# EXERCISE REQUIREMENTS
Below are the entries to retype; reproduce each one exactly.

# THE RECORDS
***

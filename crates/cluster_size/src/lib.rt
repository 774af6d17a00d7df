// How many boards there are, and how many of them may lie, checked before anything is made of it.
#![tactic(auto)]

ghost use Rattle.std.specs.Prelude.{◌≤◌};

mod checked;

// Of 3f + 1 boards up to f may lie.
#[derive(Clone, Copy)]
pub struct ClusterSize {
    f: u8,
    ghost some: { 1 ≤ f },
    ghost few: { f ≤ 5 },
}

***

# SOLUTION TO THIS TASK
filename crates/cluster_size/src/lib.rt
repository 774af6d17a00d7df
// How many boards there are, and how many of them may lie, checked before anything is made of it.
#![tactic(auto)]

ghost use Rattle.std.specs.Prelude.{◌≤◌};

mod checked;

// Of 3f + 1 boards up to f may lie.
#[derive(Clone, Copy)]
pub struct ClusterSize {
    f: u8,
    ghost some: { 1 ≤ f },
    ghost few: { f ≤ 5 },
}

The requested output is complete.